(Stored items from a collection)
◆ ◆ ◆
//! The laws of token text.

ghost use Rattle.std.specs.Prelude.{◌≡◌, List, ℕ};
ghost use Rattle.std.specs.List.{All};
ghost use Rattle.token_record.specs.Meaning.{TokenTree};
ghost use Rattle.token_record.specs.Texts.{TokenText};
ghost use Rattle.token_record.specs.Writable.{IsWritable, TokenHasNoZero};

/// A text is no two lists of tokens, and its tokens can be written and hold no byte 0.
///
/// It does nothing: its contract is the law.
pub fn tokens_of_a_text()
    ensures once { (text : List ℕ) (ts us : List TokenTree) → TokenText ts text → TokenText us text → us ≡ ts }
    ensures writable { (text : List ℕ) (ts : List TokenTree) → TokenText ts text → All IsWritable ts }
    ensures no_zero { (text : List ℕ) (ts : List TokenTree) → TokenText ts text → All TokenHasNoZero ts }
{}
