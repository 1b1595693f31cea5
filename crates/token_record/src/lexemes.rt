//! Lexemes at the front of a text.

ghost use Rattle.std.specs.Prelude.{◌≡◌, ◌<◌, ◌≤◌, ◌∷◌, [], IfNone, IfOk, IfSome, List, length, ℕ, None, Some};
ghost use Rattle.text_forms.specs.Answers.{Next};
ghost use Rattle.text_forms.specs.Bytes.{is_blank};
ghost use Rattle.token_record.specs.Lexemes.{Bare, Closed, Sign, Value, Word, escaped, is_plain, starts_word, string_byte, unblanked};

use std::alloc::{AllocError, Global};
use text_forms::{ByteKind, after_byte, front_byte, span};

fn is_blank(b: u8) -> bool
    ensures { result ≡ is_blank b }
{
    matches!(b, b' ' | b'\t' | b'\r' | b'\n')
}

/// What follows the blanks at the front.
pub(crate) fn after_blanks(text: &[u8]) -> &[u8]
    ensures value { result.now ≡ unblanked text.now }
    ensures shorter { length result.now ≤ length text.now }
{
    let mut rest = text;
    while let [first, after @ ..] = rest {
        if !is_blank(*first) {
            return rest;
        }
        rest = after;
    }
    rest
}

/// What follows a sign that comes first.
pub(crate) fn after_sign(text: &[u8], sign: u8) -> Option<&[u8]>
    ensures shorter { IfSome result (λ rest. length rest.now < length text.now) }
    ensures found { IfSome result (λ rest. Sign sign text.now rest.now) }
    ensures none { IfNone result ((rest : List ℕ) → Sign sign text.now rest → ⊥) }
{
    after_byte(after_blanks(text), sign)
}

fn starts_word(word: &[u8]) -> bool
    ensures { result ≡ starts_word word.now }
{
    match word {
        [first, ..] => *first == b'_' || first.is_ascii_alphabetic(),
        [] => false,
    }
}

/// A word that comes first, and what follows it.
pub(crate) fn front_word(text: &[u8]) -> Option<(&[u8], &[u8])>
    ensures shorter { IfSome result (λ x. length x.1.now < length text.now) }
    ensures exact { Next (λ x. x.0.now) (λ x. x.1.now) (Word text.now) result }
{
    let (word, rest) = span(after_blanks(text), ByteKind::Wordy);
    if starts_word(word) {
        Some((word, rest))
    } else {
        None
    }
}

/// A bare value that comes first, and what follows it.
fn front_bare(text: &[u8]) -> Option<(&[u8], &[u8])>
    ensures shorter { IfSome result (λ x. length x.1.now < length text.now) }
    ensures exact { Next (λ x. x.0.now) (λ x. x.1.now) (Bare text.now) result }
{
    let (value, rest) = span(after_blanks(text), ByteKind::Wordy);
    if value.is_empty() {
        None
    } else {
        Some((value, rest))
    }
}

fn is_plain(b: u8) -> bool
    ensures { result ≡ is_plain b }
{
    !matches!(b, 0 | b'"' | b'\\')
}

/// The byte behind a backslash, and what follows it.
fn escaped(text: &[u8]) -> Option<(u8, &[u8])>
    ensures shorter { IfSome result (λ x. length x.1.now < length text.now) }
    ensures found { IfSome result (λ x. escaped text.now ≡ Some (x.0, x.1.now)) }
    ensures none { IfNone result (escaped text.now ≡ None) }
{
    let (first, rest) = front_byte(text)?;
    if first == b'"' || first == b'\\' {
        Some((first, rest))
    } else {
        None
    }
}

/// The byte of a string that comes first, and what follows it.
fn string_byte(text: &[u8]) -> Option<(u8, &[u8])>
    ensures shorter { IfSome result (λ x. length x.1.now < length text.now) }
    ensures found { IfSome result (λ x. string_byte text.now ≡ Some (x.0, x.1.now)) }
    ensures none { IfNone result (string_byte text.now ≡ None) }
{
    let (first, rest) = front_byte(text)?;
    if is_plain(first) {
        return Some((first, rest));
    }
    if first == b'\\' { escaped(rest) } else { None }
}

/// How many bytes of the text the bytes of a string at its front take.
fn string_length(text: &[u8]) -> usize
    ensures { result ≤ length text.now }
{
    let mut rest = text;
    while let Some((_, after)) = string_byte(rest) {
        rest = after;
    }
    text.len() - rest.len()
}

/// The bytes of a string before its closing quote, and what follows the quote.
fn closed(alloc: Global, text: &[u8]) -> Result<Option<(Vec<u8>, &[u8])>, AllocError>
    ensures shorter { IfOk result (λ o. IfSome o (λ x. length x.1.now < length text.now)) }
    ensures exact { IfOk result (Next (λ x. x.0.items) (λ x. x.1.now) (Closed text.now)) }
{
    let mut value = Vec::with_capacity(alloc, string_length(text))?;
    let mut rest = text;
    while let Some((byte, after)) = string_byte(rest) {
        value.push(byte)?;
        rest = after;
    }
    match after_byte(rest, b'"') {
        Some(after) => Ok(Some((value, after))),
        None => Ok(None),
    }
}

/// A value that comes first, and what follows it.
pub(crate) fn front_value(
    alloc: Global,
    text: &[u8],
) -> Result<Option<(Vec<u8>, &[u8])>, AllocError>
    ensures shorter { IfOk result (λ o. IfSome o (λ x. length x.1.now < length text.now)) }
    ensures exact { IfOk result (Next (λ x. x.0.items) (λ x. x.1.now) (Value text.now)) }
{
    if let Some(inside) = after_sign(text, b'"') {
        return closed(alloc, inside);
    }
    match front_bare(text) {
        Some((value, rest)) => Ok(Some((Vec::from_slice(alloc, value)?, rest))),
        None => Ok(None),
    }
}
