//! Fields and their braces.

ghost use Rattle.std.specs.Prelude.{◌≡◌, ◌<◌, ◌≤◌, IfOk, IfSome, List, length, ℕ};
ghost use Rattle.text_forms.specs.Answers.{Next};
ghost use Rattle.token_record.specs.Answers.{Braced, FieldAnswers, Valued};
ghost use Rattle.token_record.specs.Fields.{fields_of};
ghost use Rattle.token_record.specs.Grammar.{Block};
ghost use Rattle.token_record.specs.Lexemes.{Sign, Word};

use crate::lexemes::{after_sign, front_value, front_word};
use crate::tokens::{Field, Value};
use norm_base::Name;
use std::alloc::{AllocError, Global};

/// Fields and the brace that closes them, with at most so many more braces open at once, and what follows.
#[cycle(fields)]
pub(crate) fn block<'t>(
    alloc: Global,
    text: &'t [u8],
    room: u64,
) -> Result<Option<(Vec<Field>, &'t [u8])>, AllocError>
    ensures shorter { IfOk result (λ o. IfSome o (λ x. length x.1.now < length text.now)) }
    ensures exact { IfOk result (Next (λ x. fields_of x.0.items) (λ x. x.1.now) (Block room text.now)) }
{
    let mut fields = Vec::new(alloc);
    let mut rest = text;
    while let Some((found, after)) = field(alloc, rest, room)? {
        fields.push(found)?;
        rest = after;
    }
    match after_sign(rest, b'}') {
        Some(after) => Ok(Some((fields, after))),
        None => Ok(None),
    }
}

/// The field that comes first, and what follows it.
#[cycle(fields)]
fn field<'t>(
    alloc: Global,
    text: &'t [u8],
    room: u64,
) -> Result<Option<(Field, &'t [u8])>, AllocError>
    ensures shorter { IfOk result (λ o. IfSome o (λ x. length x.1.now < length text.now)) }
    ensures exact { IfOk result (FieldAnswers (λ x. x.0) (λ x. x.1.now) room text.now) }
{
    let Some((name, after)) = front_word(text) else {
        return Ok(None);
    };
    if let Some(rest) = after_sign(after, b':') {
        return valued(alloc, name, rest);
    }
    match after_sign(after, b'{') {
        Some(inner) if room > 0 => braced(alloc, name, inner, room),
        _ => Ok(None),
    }
}

/// What stands behind a name and its colon: a value.
fn valued<'t>(
    alloc: Global,
    name: &[u8],
    text: &'t [u8],
) -> Result<Option<(Field, &'t [u8])>, AllocError>
    ensures shorter { IfOk result (λ o. IfSome o (λ x. length x.1.now < length text.now)) }
    ensures exact { IfOk result (Valued name.now text.now) }
{
    let Some((value, rest)) = front_value(alloc, text)? else {
        return Ok(None);
    };
    let name = Name::new(alloc, name)?;
    let value = Value::Text(value);
    Ok(Some((Field { name, value }, rest)))
}

/// What stands behind a name and its brace: fields and a closing brace.
#[cycle(fields)]
fn braced<'t>(
    alloc: Global,
    name: &[u8],
    text: &'t [u8],
    room: u64,
) -> Result<Option<(Field, &'t [u8])>, AllocError>
    requires { 1 ≤ room }
    ensures shorter { IfOk result (λ o. IfSome o (λ x. length x.1.now < length text.now)) }
    ensures exact { IfOk result (Braced name.now room text.now) }
{
    let Some((inner, rest)) = block(alloc, text, room - 1)? else {
        return Ok(None);
    };
    let name = Name::new(alloc, name)?;
    let value = Value::Nested(inner);
    Ok(Some((Field { name, value }, rest)))
}
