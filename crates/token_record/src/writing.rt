//! The written form of tokens.

ghost use Rattle.std.specs.Prelude.{◌≡◌, ◌++◌, IfOk, List, OnOk, codes};
ghost use Rattle.std.specs.List.{All, flat_map};
ghost use Rattle.token_record.specs.Fields.{field_of, fields_of, no_fields};
ghost use Rattle.token_record.specs.Meaning.{TokenTree, record_tree, token_tree, token_trees};
ghost use Rattle.token_record.specs.Texts.{TokenText};
ghost use Rattle.token_record.specs.Writable.{IsWritable};
ghost use Rattle.token_record.specs.Written.{escape, quoted, written, written_fields, written_keep, written_token};

use crate::tokens::{Field, Record, Token, Value};
use std::alloc::{AllocError, Global};

/// The one written form of the tokens: one space between lexemes but before `:`, and between tokens; values in quotes, with `\`
/// before `"` and `\`; ` preserve_order: true` last in a record that keeps its order.
///
/// Classes and names have to be words, a letter or `_` and then letters, digits and `_`. Values hold no byte 0, at most 16 braces are
/// open at once, and no field of a record itself, as against a deeper one, is `preserve_order` with the text `true`.
pub fn write_tokens(alloc: Global, tokens: &[Token]) -> Result<Vec<u8>, AllocError>
    requires { All (λ t. IsWritable (token_tree t)) tokens.now }
    ensures written { IfOk result (λ text. text.items ≡ written (token_trees tokens.now)) }
    ensures reads { IfOk result (λ text. TokenText (token_trees tokens.now) text.items) }
    ensures only { IfOk result (λ text. (ts : List TokenTree) → TokenText ts text.items → ts ≡ token_trees tokens.now) }
{
    let mut out = Vec::new(alloc);
    let [first, others @ ..] = tokens else {
        return Ok(out);
    };
    write_token(&mut out, first)?;
    write_others(&mut out, others)?;
    Ok(out)
}

/// Appends the tokens, each with a space before it.
fn write_others(out: &mut Vec<u8>, tokens: &[Token]) -> Result<(), AllocError>
    ensures { OnOk result (out.new.items ≡ out.old.items ++ flat_map (λ t. codes " " ++ written_token (token_tree t)) tokens.now) }
{
    for token in tokens {
        out.push(b' ')?;
        write_token(out, token)?;
    }
    Ok(())
}

fn write_token(out: &mut Vec<u8>, token: &Token) -> Result<(), AllocError>
    ensures { OnOk result (out.new.items ≡ out.old.items ++ written_token (token_tree token.now)) }
{
    match token {
        Token::Spoken(words) => write_spoken(out, words),
        Token::Silent => out.extend_from_slice(b"tokens { type: PUNCT }"),
        Token::Class(record) => write_record(out, record),
    }
}

fn write_spoken(out: &mut Vec<u8>, words: &[u8]) -> Result<(), AllocError>
    ensures { OnOk result (out.new.items ≡ out.old.items ++ (codes "tokens { name: " ++ quoted words.now ++ codes " }")) }
{
    out.extend_from_slice(b"tokens { name: ")?;
    write_quoted(out, words)?;
    out.extend_from_slice(b" }")
}

fn write_record(out: &mut Vec<u8>, r: &Record) -> Result<(), AllocError>
    ensures { OnOk result (out.new.items ≡ out.old.items ++ written_token (record_tree r.now)) }
{
    out.extend_from_slice(b"tokens { ")?;
    out.extend_from_slice(r.class.bytes())?;
    out.extend_from_slice(b" {")?;
    write_fields(out, &r.fields)?;
    write_keep(out, r.keep)?;
    out.extend_from_slice(b" } }")
}

/// Appends what says that fields keep their order, where they do.
fn write_keep(out: &mut Vec<u8>, keep: bool) -> Result<(), AllocError>
    ensures { OnOk result (out.new.items ≡ out.old.items ++ written_keep keep) }
{
    if keep {
        out.extend_from_slice(b" preserve_order: true")?;
    }
    Ok(())
}

/// Appends the fields, each with a space before it.
#[cycle(write)]
fn write_fields(out: &mut Vec<u8>, fields: &[Field]) -> Result<(), AllocError>
    ensures { OnOk result (out.new.items ≡ out.old.items ++ written_fields (fields_of fields.now)) }
{
    for field in fields {
        write_field(out, field)?;
    }
    Ok(())
}

#[cycle(write)]
fn write_field(out: &mut Vec<u8>, field: &Field) -> Result<(), AllocError>
    ensures { OnOk result (out.new.items ≡ out.old.items ++ written_fields (field_of field.now no_fields)) }
{
    out.push(b' ')?;
    out.extend_from_slice(field.name.bytes())?;
    match &field.value {
        Value::Text(value) => {
            out.extend_from_slice(b": ")?;
            write_quoted(out, value)
        }
        Value::Nested(inner) => {
            out.extend_from_slice(b" {")?;
            write_fields(out, inner)?;
            out.extend_from_slice(b" }")
        }
    }
}

/// Appends a value in quotes.
fn write_quoted(out: &mut Vec<u8>, value: &[u8]) -> Result<(), AllocError>
    ensures { OnOk result (out.new.items ≡ out.old.items ++ quoted value.now) }
{
    out.push(b'"')?;
    for byte in value {
        write_byte(out, *byte)?;
    }
    out.push(b'"')?;
    Ok(())
}

/// Appends a byte of a string, with `\` before `"` and `\`.
fn write_byte(out: &mut Vec<u8>, byte: u8) -> Result<(), AllocError>
    ensures { OnOk result (out.new.items ≡ out.old.items ++ escape byte) }
{
    if byte == b'"' || byte == b'\\' {
        out.push(b'\\')?;
    }
    out.push(byte)?;
    Ok(())
}
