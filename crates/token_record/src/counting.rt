//! How many fields there are.

ghost use Rattle.std.specs.Prelude.{◌≡◌, min};
ghost use Rattle.token_record.specs.Fields.{field_count, field_of, fields_of, no_fields};

use crate::tokens::{Field, Record, Value};

/// The number of a record's fields at all levels, or the greatest `u64` where there are more. It takes no memory.
pub fn field_count(r: &Record) -> u64
    ensures { result ≡ min (field_count (fields_of r.now.fields.items)) u64.MAX }
{
    count_fields(&r.fields)
}

#[cycle(count)]
fn count_fields(fields: &[Field]) -> u64
    ensures { result ≡ min (field_count (fields_of fields.now)) u64.MAX }
{
    let mut all = 0u64;
    for field in fields {
        all = all.saturating_add(count_field(field));
    }
    all
}

#[cycle(count)]
fn count_field(field: &Field) -> u64
    ensures { result ≡ min (field_count (field_of field.now no_fields)) u64.MAX }
{
    match &field.value {
        Value::Text(_) => 1,
        Value::Nested(inner) => count_fields(inner).saturating_add(1),
    }
}
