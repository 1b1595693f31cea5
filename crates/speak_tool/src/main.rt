//! Speaks the lines of standard input by the setup that its words name.
//!
//! All of it is the call `speak` of `speak_core`, over the files of the working folder and the standard streams; the contract of
//! that call says what is written, and which status is answered.
#![tactic(auto)]

use norm_base::{FolderShelf, Name, ReaderSource, WriterSink, put_all};
use speak_core::{NoWatch, speak};
use std::alloc::AllocError;
use std::env;
use std::io::ErrorKind;
use std::process::ExitCode;

/// The status for want of memory.
const NO_MEMORY: u8 = 5;

fn main(rt: HostRuntime) -> ExitCode {
    let alloc = rt.alloc();
    let (Ok(words), Ok(folder)) = (words(&rt), Name::new(alloc, b".")) else {
        let _told = put_all(&mut WriterSink::new(rt.stderr()), b"no memory\n");
        return ExitCode::from(NO_MEMORY);
    };
    let mut shelf = FolderShelf::new(&rt, folder);
    let mut source = ReaderSource::new(rt.stdin());
    let mut out = WriterSink::new(rt.stdout());
    let mut err = WriterSink::new(rt.stderr());
    let mut callers = Vec::new(alloc);
    ExitCode::from(speak(
        &rt,
        alloc,
        &words,
        &mut shelf,
        &mut source,
        &mut out,
        &mut err,
        &NoWatch,
        &mut callers,
    ))
}

/// The words of the command line; none where one of them isn't text, so that they are refused.
fn words(rt: &HostRuntime) -> Result<Vec<String>, AllocError> {
    match env::args(rt) {
        Ok(args) => args.collect(rt.alloc()),
        Err(e) if e.kind() == ErrorKind::OutOfMemory => Err(AllocError),
        Err(_) => Ok(Vec::new(rt.alloc())),
    }
}
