//! Whole texts.

ghost use Rattle.std.specs.Prelude.{◌≡◌, ◌<◌, ◌∷◌, ◌++◌, IfNone, IfOk, IfSome, List, codes, length, ℕ};
ghost use Rattle.std.specs.List.{All};
ghost use Rattle.text_forms.specs.Answers.{Next};
ghost use Rattle.token_record.specs.Lexemes.{unblanked};
ghost use Rattle.token_record.specs.Meaning.{TokenTree, token_tree, token_trees};
ghost use Rattle.token_record.specs.Writable.{IsWritable, TokenHasNoZero};
ghost use Rattle.token_record.specs.Texts.{Opens, TokenAnswers, TokenAt, TokenText};

use crate::fields::block;
use crate::lexemes::{after_blanks, after_sign};
use crate::meanings::token_of;
use crate::tokens::Token;
use std::alloc::{AllocError, AllocFailed, Global};
use thiserror::Error;

/// How many more braces may be open at once inside those of a token.
const ROOM: u64 = 15;

/// Why no tokens are read.
#[derive(Debug, Drop, Error)]
pub enum TokenFault {
    /// The text isn't token text. So many whole tokens stand before the first place where none can be read.
    #[error("NotTokens")]
    NotTokens { token: u64 },
    #[error("Memory")]
    Memory,
}

impl From<AllocError> for TokenFault {
    ghost use Rattle.std.specs.Prelude.{◌≡◌};
    ghost use Rattle.token_record.specs.declared.reading.TokenFault.TheVariants.{Memory};

    ghost from_gives = { λ _ fault. fault ≡ Memory };

    fn from(_: AllocError) -> TokenFault {
        TokenFault::Memory
    }
}

impl<T: Drop> From<AllocFailed<T>> for TokenFault {
    ghost use Rattle.std.specs.Prelude.{◌≡◌};
    ghost use Rattle.token_record.specs.declared.reading.TokenFault.TheVariants.{Memory};

    ghost from_gives = { λ _ fault. fault ≡ Memory };

    fn from(_: AllocFailed<T>) -> TokenFault {
        TokenFault::Memory
    }
}

/// The tokens that a text is, or `NotTokens` exactly where it is no token text.
pub fn read_tokens(alloc: Global, text: &[u8]) -> Result<Vec<Token>, TokenFault>
    ensures exact { TokenAnswers text.now result }
    ensures only { IfOk result (λ tokens. (ts : List TokenTree) → TokenText ts text.now → ts ≡ token_trees tokens.items) }
    ensures writable { IfOk result (λ tokens. All (λ t. IsWritable (token_tree t)) tokens.items) }
    ensures no_zero { IfOk result (λ tokens. All (λ t. TokenHasNoZero (token_tree t)) tokens.items) }
{
    let mut tokens = Vec::new(alloc);
    let mut rest = text;
    while let Some((token, after)) = front_token(alloc, rest)? {
        tokens.push(token)?;
        rest = after;
    }
    if after_blanks(rest).is_empty() {
        return Ok(tokens);
    }
    Err(TokenFault::NotTokens {
        token: tokens.len() as u64,
    })
}

/// The token that comes first, and what follows it.
fn front_token<'t>(alloc: Global, text: &'t [u8]) -> Result<Option<(Token, &'t [u8])>, AllocError>
    ensures shorter { IfOk result (λ o. IfSome o (λ x. length x.1.now < length text.now)) }
    ensures exact { IfOk result (Next (λ x. token_tree x.0) (λ x. x.1.now) (TokenAt text.now)) }
{
    let Some(inner) = opened(text) else {
        return Ok(None);
    };
    let Some((fields, rest)) = block(alloc, inner, ROOM)? else {
        return Ok(None);
    };
    match token_of(fields) {
        Some(token) => Ok(Some((token, rest))),
        None => Ok(None),
    }
}

/// What follows `tokens` and its brace.
fn opened(text: &[u8]) -> Option<&[u8]>
    ensures shorter { IfSome result (λ rest. length rest.now < length text.now) }
    ensures found { IfSome result (λ rest. Opens text.now rest.now) }
    ensures none { IfNone result ((rest : List ℕ) → Opens text.now rest → ⊥) }
{
    after_sign(after_blanks(text).strip_prefix(b"tokens".as_slice())?, b'{')
}
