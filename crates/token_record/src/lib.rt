//! Token text: what the classifier says of a line.
//!
//! [`read_tokens`] reads it, or tells how many whole tokens stand before the first fault. [`write_tokens`] writes the one form that
//! tokens have, which is read as those tokens and no others, and [`field_count`] counts a record's fields.
//!
//! `specs/Fields.antt` says what fields are to contracts, `specs/Lexemes.antt` and `specs/Grammar.antt` define the grammar,
//! `specs/Meaning.antt` what a token is by its fields, `specs/Texts.antt` which tokens a text is and how many whole ones stand at its
//! front, `specs/Written.antt` the written form, and `specs/Writable.antt` which tokens have one. `specs/Answers.antt` is what the
//! parts of the reader answer each other.
#![tactic(auto)]

mod counting;
mod fields;
mod laws;
mod lexemes;
mod meanings;
mod reading;
mod tokens;
mod writing;

pub use counting::field_count;
pub use laws::tokens_of_a_text;
pub use reading::{TokenFault, read_tokens};
pub use tokens::{Field, Record, Token, Value};
pub use writing::write_tokens;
◆ ◆ ◆
**EXERCISE:** Go through the lines above. Select every one that has the string "them".

**RESPONSE AREA:**
/// Fields and the brace that closes them, with at most so many more braces open at once, and what follows.
/// The words of the command line; none where one of them isn't text, so that they are refused.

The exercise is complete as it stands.